■ **HOW TO COMPLETE THIS TASK**:
Report each line of the entries that contains the word "Drop", copied in full.

■ **RAW DATA**:

□ □ □

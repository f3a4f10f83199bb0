//! The rows that a pass holds, in the order of their positions.
ghost use Rattle.std.specs.Prelude.{◌≡◌, ◌≢◌, ◌≤◌, ◌<◌, ◌^◌, [], length, IfOk};
ghost use Rattle.std.specs.List.{All, HoldsAt};
ghost use Rattle.std.specs.Borrow.{sem};
ghost use Rattle.walk_core.specs.Lists.{IsDistinct};
ghost use Rattle.tree_lock.specs.Order.{IsSpelled};
ghost use Rattle.tree_lock.specs.Held.{IsInOrder, IsRank, IsInserted, IsRemoved, row_numbers};

use crate::order::is_before;
use std::alloc::{AllocError, Global};
use std::marker::Model;
use table_place::Place;

/// A row that is held, with its content.
#[derive(Drop)]
pub struct HeldRow<R: Drop> {
    pub row: u32,
    pub place: Place,
    pub generation: u64,
    pub content: R,
}

/// Held rows: parents before their children, else by space and then by first page.
#[derive(Drop)]
pub struct Held<R: Drop> {
    rows: Vec<HeldRow<R>>,
}

impl<R: Drop> Model for Held<R> {
    ghost use Rattle.std.specs.Prelude.{vec_capacity};
    ghost use Rattle.tree_lock.specs.Held.{HeldList, IsHeldList};

    ghost Value = { HeldList R };

    ghost view = { λ h. record { rows = h.rows.items; room = vec_capacity h.rows } };

    ghost invariant = { λ h. IsHeldList h.rows.items (vec_capacity h.rows) };
}

impl<R: Drop> Held<R> {
    ghost use Rattle.tree_lock.specs.Lends.{LendsContent};

    /// An empty list with room for so many rows. No call lessens the room.
    pub fn new(alloc: Global, rows: u32) -> Result<Held<R>, AllocError>
        ensures { IfOk result (λ h. (h.rows ≡ []) × (rows ≤ h.room)) }
    {
        Ok(Held {
            rows: Vec::with_capacity(alloc, rows as usize)?,
        })
    }

    /// The rows.
    pub fn rows(&self) -> &[HeldRow<R>]
        ensures list { result.now ≡ self.now.rows }
        ensures order { IsInOrder self.now.rows }
        ensures spelled { All (λ h. IsSpelled h.place) self.now.rows }
        ensures once { IsDistinct (row_numbers self.now.rows) }
        ensures few { length self.now.rows < 2 ^ 32 }
    {
        self.rows.as_slice()
    }

    /// The content of one row, to be changed.
    pub fn content_mut(&mut self, place: u32) -> &mut R
        requires { place < length self.old.rows }
        ensures* lends { sem 𝓛 (LendsContent R.row self.entry place result) }
        ensures content { HoldsAt (λ h. h.content ≡ result.now) self.old.rows place }
    {
        let row = &mut self.rows[place as usize];
        &mut row.content
    }

    /// Puts a row at its place in the order.
    pub fn insert(&mut self, row: HeldRow<R>)
        requires room { length self.old.rows < self.old.room }
        requires spelled { IsSpelled row.place }
        requires new_row { All (λ h. h.row ≢ row.row) self.old.rows }
        requires new_place { All (λ h. h.place ≢ row.place) self.old.rows }
        ensures inserted { IsInserted row self.old.rows self.new.rows }
        ensures room { self.new.room ≡ self.old.room }
    {
        let at = rank(self.rows.as_slice(), row.place);
        self.rows.insert(at, row).unwrap();
    }

    /// Takes a row out. The others keep their order.
    pub fn remove(&mut self, place: u32) -> HeldRow<R>
        requires { place < length self.old.rows }
        ensures removed { IsRemoved place result self.old.rows self.new.rows }
        ensures room { self.new.room ≡ self.old.room }
    {
        self.rows.remove(place as usize)
    }
}

// How many rows have positions before this one. A new row mostly comes last, so the search begins there.
fn rank<R: Drop>(rows: &[HeldRow<R>], place: Place) -> usize
    requires order { IsInOrder rows.now }
    requires rows { All (λ h. IsSpelled h.place) rows.now }
    requires place { IsSpelled place }
    requires new_place { All (λ h. h.place ≢ place) rows.now }
    ensures { IsRank place rows.now result }
{
    let mut at = rows.len();
    while at > 0 {
        if is_before(rows[at - 1].place, place) {
            return at;
        }
        at -= 1;
    }
    0
}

□ □ □

■ **SOLUTION BELOW**:
#[derive(Drop)]
pub struct HeldRow<R: Drop> {
#[derive(Drop)]
pub struct Held<R: Drop> {
impl<R: Drop> Model for Held<R> {
impl<R: Drop> Held<R> {
fn rank<R: Drop>(rows: &[HeldRow<R>], place: Place) -> usize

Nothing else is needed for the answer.